- Directions
Return every line of the records that includes the string "IfOk".

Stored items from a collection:
===============

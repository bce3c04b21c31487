//! The table of access control lists of a snapshot.

ghost use Rattle.std.specs.Prelude.{◌≡◌, IfOk, OnOk, [], map};
ghost use Rattle.zk_state_snapshot.specs.Lists.{is_listed, number_in, number_of, with_list, with_lists};
ghost use Rattle.zk_state_snapshot.specs.StateSnapshots.{placed, table_of};

use crate::lists::{is_open, is_same_list};
use std::alloc::Global;
use zk_acl::{Acl, Acls};
use zk_path::NoMemory;
use zk_snapshot::Access;
use zk_tree::Entry;

/// The number of the list that is open to all, which is in no table.
const OPEN: i64 = -1;

/// The number of a list in a table.
fn number_in(table: &[Access], acl: &[Acl]) -> Option<i64>
    ensures { result ≡ number_in table.now acl.now }
{
    for access in table {
        if is_same_list(access.acl.as_slice(), acl) {
            return Some(access.number);
        }
    }
    None
}

/// Whether nodes can name a list: it is open to all, or in the table.
fn is_listed(table: &[Access], acl: &[Acl]) -> bool
    ensures { result ≡ is_listed table.now acl.now }
{
    is_open(acl) || number_in(table, acl).is_some()
}

/// Adds a list to a table, unless nodes can name it.
fn add_list(table: &mut Vec<Access>, acl: &Acls) -> Result<(), NoMemory>
    ensures { OnOk result (table.new.items ≡ with_list table.old.items acl.now) }
{
    if is_listed(table.as_slice(), acl.as_slice()) {
        return Ok(());
    }
    let number = table.len() as i64 + 1;
    table.push(Access {
        number,
        acl: acl.copy()?,
    })?;
    Ok(())
}

/// The lists of nodes, each once.
pub(crate) fn accesses_of(alloc: Global, entries: &[Entry<'_>]) -> Result<Vec<Access>, NoMemory>
    ensures { IfOk result (λ table. table.items ≡ table_of (map placed entries.now)) }
{
    let mut table = Vec::new(alloc);
    for entry in entries {
        add_list(&mut table, &entry.node.acl)?;
    }
    Ok(table)
}

/// The number by which a node names its list.
pub(crate) fn number_of(table: &[Access], acl: &[Acl]) -> i64
    ensures { result ≡ number_of table.now acl.now }
{
    if is_open(acl) {
        return OPEN;
    }
    match number_in(table, acl) {
        Some(number) => number,
        None => OPEN,
    }
}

===============

- Result
ghost use Rattle.std.specs.Prelude.{◌≡◌, IfOk, OnOk, [], map};
    ensures { IfOk result (λ table. table.items ≡ table_of (map placed entries.now)) }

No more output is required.